[Data under study Boundary: Start]
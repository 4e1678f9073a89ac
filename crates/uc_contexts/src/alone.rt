//! Runs alone, with marks of what they read and write.
ghost use Rattle.std.specs.Prelude.{◌≡◌, ◌+◌, ◌<◌, ◌≤◌, ℕ, Some, true, length, slice_get, IfOk, IfErr};
ghost use Rattle.nv_base.specs.Memories.{HasSizes, first_word, words_at};
ghost use Rattle.nv_base.specs.declared.term.Mem.{Mem};
ghost use Rattle.uc_isa.specs.Lawful.{IsLawful};
ghost use Rattle.uc_isa.specs.Step.{EndsRun, address, step};
ghost use Rattle.uc_contexts.specs.Footprints.{IsTouched, Isolated, moment, to_read, was_read, was_written};
ghost use Rattle.uc_contexts.specs.Marked.{Fit, IsFootprint};
ghost use Rattle.uc_contexts.specs.Sets.{Adds, within};

use crate::addresses::{AddressSet, Stretch};
use nv_base::{NoMemory, Packet};
use std::alloc::Global;
use uc_isa::{Code, Engine, Gpr, Instr, Stepped, step};

/// The addresses that a run read and those that it wrote.
#[derive(Drop)]
pub struct Marks {
    pub read: AddressSet,
    pub written: AddressSet,
}

fn address(x: &Gpr, e: &Engine) -> u32
    ensures { result ≡ address x.now e.now }
{
    match x {
        Gpr::A(r) => e.a[r.number as usize],
        Gpr::B(r) => e.b[r.number as usize],
    }
}

// What the next instruction is to read.
fn to_read(c: &Code, e: &Engine) -> Option<Stretch>
    requires { e.now.place < length c.now.list }
    ensures { result ≡ to_read (slice_get c.now.list e.now.place) e.now }
{
    match &c.list()[e.place as usize] {
        Instr::Read { mem, n, x, off, .. } => Some(Stretch {
            mem: *mem,
            at: address(x, e) as u64 + *off as u64,
            words: *n,
        }),
        _ => None,
    }
}

// Takes a step, marks what it read and wrote, and tells whether it ended the run.
fn take_step(c: &Code, e: &mut Engine, p: &mut Packet, marks: &mut Marks) -> bool
    requires lawful { IsLawful c.now.list }
    requires inside { e.old.place < length c.now.list }
    requires fit { Fit marks.old p.old }
    ensures engine { e.new ≡ (step c.now.list e.old p.old).engine }
    ensures packet { p.new ≡ (step c.now.list e.old p.old).packet }
    ensures inside { e.new.place < length c.now.list }
    ensures read { let touched = was_read (to_read (slice_get c.now.list e.old.place) e.old) (step c.now.list e.old p.old).stepped in
        (m : Mem) → Adds (within m marks.old.read) (IsTouched touched m) (within m marks.new.read) }
    ensures written { (m : Mem) → Adds (within m marks.old.written) (IsTouched (was_written (step c.now.list e.old p.old).stepped) m) (within m marks.new.written) }
    ensures fit { Fit marks.new p.new }
    ensures over { result ≡ true → EndsRun (step c.now.list e.old p.old).stepped }
{
    let reading = to_read(c, e);
    match step(c, e, p) {
        Stepped::Went => {
            if let Some(stretch) = &reading {
                marks.read.touch(stretch);
            }
            false
        }
        Stepped::Wrote(w) => {
            marks.written.touch(&Stretch {
                mem: w.mem,
                at: w.at as u64,
                words: w.words.list().len() as u8,
            });
            false
        }
        Stepped::Halted(_, _) | Stepped::Fault(_, _) => true,
    }
}

/// The addresses that code reads and writes in its first `m` steps, when it runs alone on these arguments with this
/// spill base. The packet is left as by these steps; where there is no memory, it is unchanged.
pub fn footprint(
    alloc: Global,
    c: &Code,
    args: &[u32],
    base: u32,
    p: &mut Packet,
    m: u64,
) -> Result<Marks, NoMemory>
    requires lawful { IsLawful c.now.list }
    requires arguments { length args.now ≡ c.now.params }
    requires base { (512 ≤ base) × (base ≤ 896) }
    requires few { m ≤ 100000000 }
    ensures footprint { IfOk result (IsFootprint c.now p.old (record { args = args.now; base = base; steps = m })) }
    ensures packet { IfOk result (λ _. p.new ≡ (moment c.now p.old (record { args = args.now; base = base; steps = m }) m).packet) }
    ensures unchanged { IfErr result (λ _. p.new ≡ p.old) }
{
    // The check has to be told that the code has an instruction, which `list` promises.
    let _code = c.list();
    let mut marks = Marks {
        read: AddressSet::new(alloc, p)?,
        written: AddressSet::new(alloc, p)?,
    };
    let mut e = Engine::start(args, base);
    for _ in 0..m {
        if take_step(c, &mut e, p, &mut marks) {
            return Ok(marks);
        }
    }
    Ok(marks)
}
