//! Addresses that several runs share.
ghost use Rattle.std.specs.Prelude.{◌≡◌, ◌<◌, ◌≤◌, ◌↔◌, ℕ, Some, slice_get, IfNone, IfSome, IsNone, IsTrue};
ghost use Rattle.nv_base.specs.declared.term.Mem.{Mem};
ghost use Rattle.uc_contexts.specs.declared.alone.Marks.{Marks};
ghost use Rattle.uc_contexts.specs.Marked.{IsFirstShared, IsMarked, IsMarkedByOther, IsMarkedWritten, IsShared};

use crate::alone::Marks;
use nv_base::Mem;

// Whether a run's marks have the address, as read or as written.
fn is_marked(f: &Marks, m: Mem, a: u32) -> bool
    ensures { IsTrue result ↔ IsMarked f.now m a }
{
    f.read.contains(m, a) || f.written.contains(m, a)
}

// Whether a run with another number reads or writes the address.
fn is_marked_by_other(footprints: &[Marks], writer: usize, m: Mem, a: u32) -> bool
    ensures { IsTrue result ↔ IsMarkedByOther footprints.now writer m a }
{
    for (number, f) in footprints.iter().enumerate() {
        if number != writer && is_marked(f, m, a) {
            return true;
        }
    }
    false
}

// Whether one run writes the address, and another reads or writes it.
fn is_shared(footprints: &[Marks], m: Mem, a: u32) -> bool
    ensures { IsTrue result ↔ IsShared footprints.now m a }
{
    for (number, f) in footprints.iter().enumerate() {
        if f.written.contains(m, a) && is_marked_by_other(footprints, number, m, a) {
            return true;
        }
    }
    false
}

// A number from which on no run writes an address of a memory.
fn end_of_writes(footprints: &[Marks], m: Mem) -> u32
    ensures { (i : ℕ) (f : Marks) → slice_get footprints.now i ≡ Some f → (a : ℕ) → result ≤ a → ¬ IsMarkedWritten f m a }
{
    let mut end = 0;
    for f in footprints {
        end = f.written.size(m).max(end);
    }
    end
}

// The first address of a memory that is shared.
fn first_shared(footprints: &[Marks], m: Mem) -> Option<u32>
    ensures none { IfNone result ((a : ℕ) → ¬ IsShared footprints.now m a) }
    ensures shared { IfSome result (λ a. IsShared footprints.now m a) }
    ensures first { IfSome result (λ a. (b : ℕ) → b < a → ¬ IsShared footprints.now m b) }
{
    for a in 0..end_of_writes(footprints, m) {
        if is_shared(footprints, m, a) {
            return Some(a);
        }
    }
    None
}

/// The first address, SRAM before SDRAM before scratch, that one run writes and another reads or writes.
pub fn shared(footprints: &[Marks]) -> Option<(Mem, u32)>
    ensures none { IfNone result ((m : Mem) (a : ℕ) → ¬ IsShared footprints.now m a) }
    ensures none_only { ((m : Mem) (a : ℕ) → ¬ IsShared footprints.now m a) → IsNone result }
    ensures first { IfSome result (λ found. IsFirstShared footprints.now found.0 found.1) }
{
    if let Some(a) = first_shared(footprints, Mem::Sram) {
        return Some((Mem::Sram, a));
    }
    if let Some(a) = first_shared(footprints, Mem::Sdram) {
        return Some((Mem::Sdram, a));
    }
    if let Some(a) = first_shared(footprints, Mem::Scratch) {
        return Some((Mem::Scratch, a));
    }
    None
}
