//! Names and options among the words.
ghost use Rattle.std.specs.Prelude.{◌≡◌, ◌≢◌, ◌<◌, ◌≤◌, Some, length, slice_get, IfErr, IfNone, IfOk, IfSome, MatchOption, codes};
ghost use Rattle.nova_words.specs.Faults.{IsFaultAt};
ghost use Rattle.nova_words.specs.Limits.{HaveNoHelp, name_of};
ghost use Rattle.nova_words.specs.Values.{AsksNone, IsLastValue, IsNotGiven};

use crate::fault::WordFault;
use crate::setting::Setting;
use crate::verb::Verb;
use std::alloc::Global;

/// An option with its value; of one without, the empty text.
#[derive(Clone, Copy)]
pub struct Given<'a> {
    pub setting: Setting,
    pub value: &'a str,
}

/// The names and the options of a command's words, each in their order.
#[derive(Drop)]
pub struct Parts<'a> {
    pub verb: Verb,
    pub names: Vec<&'a str>,
    pub given: Vec<Given<'a>>,
    // The option whose value is the next word.
    pending: Option<Setting>,
    // Whether `--` came, after which each word is a name.
    is_ended: bool,
}

impl<'a> Parts<'a> {
    /// Those of the words after the command.
    pub fn of(alloc: Global, verb: Verb, words: &'a [String]) -> Result<Parts<'a>, WordFault<'a>>
        ensures verb { IfOk result (λ parts. parts.verb ≡ verb) }
        ensures asks { HaveNoHelp words.now → IfOk result (λ parts. IsNotGiven parts.given.items Setting.Help) }
        ensures refused { IfErr result (IsFaultAt (name_of verb)) }
    {
        let mut parts = Parts {
            verb,
            names: Vec::new(alloc),
            given: Vec::new(alloc),
            pending: None,
            is_ended: false,
        };
        for word in words {
            parts.read(word.as_str())?;
        }
        match parts.pending {
            Some(setting) => Err(WordFault::NoValue(verb, setting)),
            None => Ok(parts),
        }
    }

    fn read(&mut self, word: &'a str) -> Result<(), WordFault<'a>>
        ensures verb { self.new.verb ≡ self.old.verb }
        ensures asks { IfOk result (λ _. word.now ≢ codes "--help" → word.now ≢ codes "-h" → AsksNone self.old → AsksNone self.new) }
        ensures refused { IfErr result (IsFaultAt (name_of self.old.verb)) }
    {
        if let Some(setting) = self.pending {
            self.pending = None;
            self.give(setting, word)
        } else if self.is_ended || word == "-" || !word.starts_with('-') {
            self.names.push(word)?;
            Ok(())
        } else if word == "--" {
            self.is_ended = true;
            Ok(())
        } else {
            self.read_option(word)
        }
    }

    fn give(&mut self, setting: Setting, value: &'a str) -> Result<(), WordFault<'a>>
        ensures verb { self.new.verb ≡ self.old.verb }
        ensures asks { IfOk result (λ _. setting ≢ Setting.Help → AsksNone self.old → AsksNone self.new) }
        ensures refused { IfErr result (IsFaultAt (name_of self.old.verb)) }
    {
        self.given.push(Given { setting, value })?;
        Ok(())
    }

    // `--NAME`, `--NAME=VALUE`, `-o` or `-h`.
    fn read_option(&mut self, word: &'a str) -> Result<(), WordFault<'a>>
        ensures verb { self.new.verb ≡ self.old.verb }
        ensures asks { IfOk result (λ _. word.now ≢ codes "--help" → word.now ≢ codes "-h" → AsksNone self.old → AsksNone self.new) }
        ensures refused { IfErr result (IsFaultAt (name_of self.old.verb)) }
    {
        match word.split_once('=') {
            Some((name, value)) => self.read_with_value(word, name, value),
            None => self.read_alone(word),
        }
    }

    fn read_alone(&mut self, word: &'a str) -> Result<(), WordFault<'a>>
        ensures verb { self.new.verb ≡ self.old.verb }
        ensures asks { IfOk result (λ _. word.now ≢ codes "--help" → word.now ≢ codes "-h" → AsksNone self.old → AsksNone self.new) }
        ensures refused { IfErr result (IsFaultAt (name_of self.old.verb)) }
    {
        if word == "-h" {
            return self.give(Setting::Help, "");
        }
        let Some(setting) = self.verb.setting(word) else {
            return Err(WordFault::UnknownOption(self.verb, word));
        };
        if setting.has_value() {
            self.pending = Some(setting);
            Ok(())
        } else {
            self.give(setting, "")
        }
    }

    fn read_with_value(
        &mut self,
        word: &'a str,
        name: &'a str,
        value: &'a str,
    ) -> Result<(), WordFault<'a>>
        ensures verb { self.new.verb ≡ self.old.verb }
        ensures asks { IfOk result (λ _. AsksNone self.old → AsksNone self.new) }
        ensures refused { IfErr result (IsFaultAt (name_of self.old.verb)) }
    {
        let Some(setting) = self.verb.setting(name) else {
            return Err(WordFault::UnknownOption(self.verb, word));
        };
        if setting.has_value() {
            self.give(setting, value)
        } else {
            Err(WordFault::UnwantedValue(self.verb, setting))
        }
    }

    /// The value that was given an option last.
    pub fn value(&self, setting: Setting) -> Option<&'a str>
        ensures given { IfSome result (λ value. IsLastValue self.now.given.items setting value.now) }
        ensures none { IfNone result (IsNotGiven self.now.given.items setting) }
    {
        let mut last = None;
        for given in &self.given {
            if given.setting == setting {
                last = Some(given.value);
            }
        }
        last
    }

    /// The values that were given an option, in order.
    pub fn values(&self, alloc: Global, setting: Setting) -> Result<Vec<&'a str>, WordFault<'a>>
        ensures { IfErr result (IsFaultAt (name_of self.now.verb)) }
    {
        let mut values = Vec::new(alloc);
        for given in &self.given {
            if given.setting == setting {
                values.push(given.value)?;
            }
        }
        Ok(values)
    }

    /// The name at a place, which names this.
    pub fn name(&self, place: usize, what: &'static str) -> Result<&'a str, WordFault<'a>>
        ensures there { IfOk result (λ name. slice_get self.now.names.items place ≡ Some name) }
        ensures missing { IfErr result (λ _. length self.now.names.items ≤ place) }
        ensures fault { IfErr result (λ fault. fault ≡ WordFault.MissingName self.now.verb what.entry) }
        ensures refused { IfErr result (IsFaultAt (name_of self.now.verb)) }
    {
        match self.names.get(place) {
            Some(name) => Ok(*name),
            None => Err(WordFault::MissingName(self.verb, what)),
        }
    }

    /// Refuses more names than so many.
    pub fn check_names(&self, most: usize) -> Result<(), WordFault<'a>>
        ensures few { IfOk result (λ _. length self.now.names.items ≤ most) }
        ensures many { IfErr result (λ _. most < length self.now.names.items) }
        ensures fault { IfErr result (λ fault. MatchOption (slice_get self.now.names.items most) ⊥ (λ name. fault ≡ WordFault.ExtraName self.now.verb name)) }
        ensures refused { IfErr result (IsFaultAt (name_of self.now.verb)) }
    {
        match self.names.get(most) {
            Some(name) => Err(WordFault::ExtraName(self.verb, *name)),
            None => Ok(()),
        }
    }
}
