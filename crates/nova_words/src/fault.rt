//! What is wrong with words.

use crate::setting::Setting;
use crate::verb::Verb;
use std::alloc::{AllocError, AllocFailed};

/// Why words are no command.
#[derive(Clone, Copy)]
pub enum WordFault<'a> {
    NoMemory,
    /// There are no words.
    NoWords,
    /// The first word is no command.
    UnknownCommand(&'a str),
    /// The command has no such option.
    UnknownOption(Verb, &'a str),
    /// The value of an option is missing.
    NoValue(Verb, Setting),
    /// The option has no value.
    UnwantedValue(Verb, Setting),
    /// The value of an option is no number from one to another.
    BadNumber(Verb, Setting, &'a str, u32, u32),
    /// A name is missing: what it names.
    MissingName(Verb, &'static str),
    /// A name too many.
    ExtraName(Verb, &'a str),
}

impl<'a> From<AllocError> for WordFault<'a> {
    ghost use Rattle.std.specs.Prelude.{◌≡◌};
    ghost use Rattle.nova_words.specs.declared.fault.WordFault.TheVariants.{NoMemory as WantOfMemory};

    ghost from_gives = { λ _ e. e ≡ WantOfMemory };

    fn from(_error: AllocError) -> WordFault<'a> {
        WordFault::NoMemory
    }
}

impl<'a, T: Drop> From<AllocFailed<T>> for WordFault<'a> {
    ghost use Rattle.std.specs.Prelude.{◌≡◌};
    ghost use Rattle.nova_words.specs.declared.fault.WordFault.TheVariants.{NoMemory as WantOfMemory};

    ghost from_gives = { λ _ e. e ≡ WantOfMemory };

    fn from(_error: AllocFailed<T>) -> WordFault<'a> {
        WordFault::NoMemory
    }
}
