//! Contexts that take turns by a schedule.
ghost use Rattle.std.specs.Prelude.{◌≡◌, ◌+◌, ◌<◌, ◌≤◌, ◌^◌, ℕ, List, All, Some, length, slice_get, slice_set, replicate, sum_by};
ghost use Rattle.uc_isa.specs.Lawful.{IsLawful};
ghost use Rattle.uc_contexts.specs.Alone.{AreDisjoint, all_alone, lone_runs};
ghost use Rattle.uc_contexts.specs.Turns.{AreFresh, System, started, scheduled, entries, turns};
ghost use Rattle.uc_contexts.specs.declared.state.Context.{Context};

use crate::state::{Context, Contexts};
use nv_base::{Outcome, Packet};
use uc_isa::Code;
use uc_sim::simulate;

impl Context {
    // Takes n turns, one after the other.
    fn run(&mut self, c: &Code, p: &mut Packet, n: u64)
        requires lawful { IsLawful c.now.list }
        requires inside { self.old.engine.place < length c.now.list }
        requires countable { self.old.log.count + n < 2 ^ 63 }
        ensures context { self.new ≡ (turns c.now.list n self.old p.old).context }
        ensures packet { p.new ≡ (turns c.now.list n self.old p.old).packet }
        ensures inside { self.new.engine.place < length c.now.list }
    {
        if let Outcome::Going = self.outcome {
            self.outcome = simulate(c, &mut self.engine, p, &mut self.log, n);
        }
    }
}

impl Contexts {
    // Gives the context with this number n turns.
    fn enter(&mut self, c: &Code, p: &mut Packet, i: u8, n: u64)
        requires lawful { IsLawful c.now.list }
        requires there { i < length self.old }
        requires inside { All (λ x. x.engine.place < length c.now.list) self.old }
        requires countable { All (λ x. x.log.count + n < 2 ^ 63) self.old }
        ensures turned { record { contexts = self.new; packet = p.new } ≡ scheduled c.now.list (replicate n i) (record { contexts = self.old; packet = p.old }) }
        ensures inside { All (λ x. x.engine.place < length c.now.list) self.new }
        ensures counted { (limit : ℕ) → All (λ x. x.log.count + n ≤ limit) self.old → All (λ x. x.log.count ≤ limit) self.new }
        ensures number { length self.new ≡ length self.old }
    {
        self.list[i as usize].run(c, p, n);
    }
}

/// Takes the entries of a schedule in order, where (i, n) stands for n entries of context i: each is one step of that
/// context, or nothing where its run is over. It needs no memory, however many the entries are.
///
/// Where no address that one context writes alone is read or written by another alone, each up to its own number of
/// entries, the order of the entries doesn't matter: each context is as it is alone, and the packet is the first one
/// after all their writes.
pub fn run_schedule(c: &Code, e: &mut Contexts, p: &mut Packet, list: &[(u8, u64)])
    requires lawful { IsLawful c.now.list }
    requires fresh { AreFresh c.now e.old }
    requires named { All (λ entry. entry.0 < length e.old) list.now }
    requires few { sum_by (λ entry. entry.1) list.now ≤ 100000000 }
    ensures scheduled { record { contexts = e.new; packet = p.new } ≡ scheduled c.now.list (entries list.now) (record { contexts = e.old; packet = p.old }) }
    ensures number { length e.new ≡ length e.old }
    ensures alone { (args : List (List ℕ)) → e.old ≡ started args → let runs = lone_runs (entries list.now) args in
        AreDisjoint c.now p.old runs → record { contexts = e.new; packet = p.new } ≡ all_alone c.now p.old runs }
{
    // The check has to be told that the code has an instruction, which `list` promises.
    let _code = c.list();
    for entry in list {
        e.enter(c, p, entry.0, entry.1);
    }
}
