// The number of an option, if the words give the option.
fn given_number_in<'a>(
    parts: &Parts<'a>,
    setting: Setting,
    least: u32,
    most: u32,
) -> Result<Option<u32>, WordFault<'a>>
    ensures least { IfOk result (λ o. IfSome o (λ n. least ≤ n)) }
    ensures most { IfOk result (λ o. IfSome o (λ n. n ≤ most)) }
    ensures given { IfOk result (IsNumberIfGiven parts.now.given.items setting) }
    ensures refused { IfErr result (IsFaultAt (name_of parts.now.verb)) }
{
    let Some(value) = parts.value(setting) else {
        return Ok(None);
    };
    match read_number(value, least, most) {
        Some(n) => Ok(Some(n)),
        None => Err(WordFault::BadNumber(parts.verb, setting, value, least, most)),
    }
}
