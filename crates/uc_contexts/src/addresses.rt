//! Sets of addresses, a bit for each address of each memory.
ghost use Rattle.std.specs.Prelude.{◌≡◌, ◌+◌, ◌<◌, ◌≤◌, ℕ, false, IfOk, Some};
ghost use Rattle.nv_base.specs.Memories.{HasSizes, first_word, size_at};
ghost use Rattle.nv_base.specs.declared.term.Mem.{Mem};
ghost use Rattle.uc_contexts.specs.Footprints.{IsTouched};
ghost use Rattle.uc_contexts.specs.Sets.{Adds, has, within};

use crate::bits::Bits;
use nv_base::{Mem, NoMemory, Packet};
use std::alloc::Global;
use std::marker::Model;

/// N words of a memory, from an address on.
#[derive(Clone, Copy)]
pub struct Stretch {
    pub mem: Mem,
    pub at: u64,
    pub words: u8,
}

/// A set of addresses. An address of SDRAM is that of a quadword.
#[derive(Drop)]
pub struct AddressSet {
    sram: Bits,
    sdram: Bits,
    scratch: Bits,
}

impl Model for AddressSet {
    ghost use Rattle.uc_contexts.specs.Sets.{Addresses};

    ghost Value = { Addresses };

    ghost view = { λ s. record { sram = s.sram; sdram = s.sdram; scratch = s.scratch } };
}

impl AddressSet {
    /// None of a packet's addresses.
    pub fn new(alloc: Global, p: &Packet) -> Result<AddressSet, NoMemory>
        ensures sizes { IfOk result (λ s. (m : Mem) → (within m s).size ≡ size_at m p.now) }
        ensures empty { IfOk result (λ s. (m : Mem) (a : ℕ) → has (within m s) a ≡ false) }
        ensures packet { HasSizes p.now }
    {
        Ok(AddressSet {
            sram: Bits::new(alloc, p.size(Mem::Sram))?,
            sdram: Bits::new(alloc, p.size(Mem::Sdram))?,
            scratch: Bits::new(alloc, p.size(Mem::Scratch))?,
        })
    }

    // The addresses of one memory.
    fn of(&self, m: Mem) -> &Bits
        ensures { result.now ≡ within m self.now }
    {
        match m {
            Mem::Sram => &self.sram,
            Mem::Sdram => &self.sdram,
            Mem::Scratch => &self.scratch,
        }
    }

    /// The addresses of a memory are below this size.
    pub fn size(&self, m: Mem) -> u32
        ensures size { result ≡ (within m self.now).size }
        ensures within { (a : ℕ) → result ≤ a → has (within m self.now) a ≡ false }
    {
        self.of(m).size()
    }

    /// Whether an address of a memory is in the set.
    pub fn contains(&self, m: Mem, a: u32) -> bool
        ensures { result ≡ has (within m self.now) a }
    {
        self.of(m).contains(a)
    }

    // Puts the addresses that an access touches into the set.
    pub(crate) fn touch(&mut self, s: &Stretch)
        requires { first_word s.now.mem s.now.at + s.now.words ≤ first_word s.now.mem (within s.now.mem self.old).size }
        ensures sizes { (k : Mem) → (within k self.new).size ≡ (within k self.old).size }
        ensures has { (k : Mem) → Adds (within k self.old) (IsTouched (Some s.now) k) (within k self.new) }
    {
        let words = s.words as u64;
        match s.mem {
            Mem::Sram => self.sram.insert_from(s.at, words),
            Mem::Sdram => self.sdram.insert_from(s.at, (words + 1) / 2),
            Mem::Scratch => self.scratch.insert_from(s.at, words),
        }
    }
}
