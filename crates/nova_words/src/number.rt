//! Numbers among the words.
ghost use Rattle.std.specs.Prelude.{◌≡◌, ◌≢◌, ◌≤◌, ℕ, decimal, IfSome, IfNone};

use nv_lines::read_decimal;

/// The number from one to another that a text spells in decimal, without zeros in front.
pub fn read_number(text: &str, least: u32, most: u32) -> Option<u32>
    ensures spelled { IfSome result (λ n. text.now ≡ decimal n) }
    ensures least { IfSome result (λ n. least ≤ n) }
    ensures most { IfSome result (λ n. n ≤ most) }
    ensures none { IfNone result ((n : ℕ) → least ≤ n → n ≤ most → text.now ≢ decimal n) }
{
    let n = read_decimal(text.as_bytes(), u64::from(most))?;
    if n < u64::from(least) {
        None
    } else {
        Some(n as u32)
    }
}
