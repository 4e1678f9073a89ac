//! The words of the program `nova`: which command they are, with which options, or what is wrong with them.
#![tactic(auto)]

mod command;
mod fault;
mod nearest;
mod number;
mod parts;
mod setting;
mod verb;

pub use command::{
    Asm, Build, Check, Command, Format, Forms, Listing, Page, Replay, Run, Test, TestReport,
    Tracing, Until, Warnings, command_of,
};
pub use fault::WordFault;
pub use nearest::{nearest_among, nearest_setting, nearest_verb, verb_with};
pub use setting::Setting;
pub use verb::Verb;
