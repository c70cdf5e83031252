// What holds of exits: each law is the contract of a function that does nothing.
ghost use Rattle.std.specs.Prelude.{◌≡◌, ◌++◌, ℕ, Bool, List, map, reverse};
ghost use Rattle.std.specs.List.{filter, flat_map};
ghost use Rattle.zw_defer.specs.declared.exits.Scope.{Scope};
ghost use Rattle.zw_defer.specs.ScopeExit.{runs, left_scopes, exit_list};
ghost use Rattle.zw_defer.specs.WorkedExits.{WorkedExits};

/// What leaving scopes runs is what was deferred in them and runs at such an exit, in the reverse of the text's order.
pub fn statements_in_reverse()
    ensures { (error : Bool) (scopes : List Scope) →
        left_scopes error scopes ≡ reverse (map (λ item. item.0) (filter (runs error) (flat_map (λ scope. scope.items) scopes))) }
{}

/// Leaving scopes is leaving the inner ones, and then the outer ones.
pub fn scopes_one_by_one()
    ensures { (error : Bool) (outer inner : List Scope) → left_scopes error (outer ++ inner) ≡ left_scopes error inner ++ left_scopes error outer }
{}

/// What exits run, worked out by hand: by an error and without one, from one scope and from several.
pub fn exits_are_worked()
    ensures { WorkedExits }
{}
[Data under study Boundary: End]
» Problem
Scan the data for the word "unchanged" and copy every line where it shows up.

» Task result
/// spill base. The packet is left as by these steps; where there is no memory, it is unchanged.
    ensures unchanged { IfErr result (λ _. p.new ≡ p.old) }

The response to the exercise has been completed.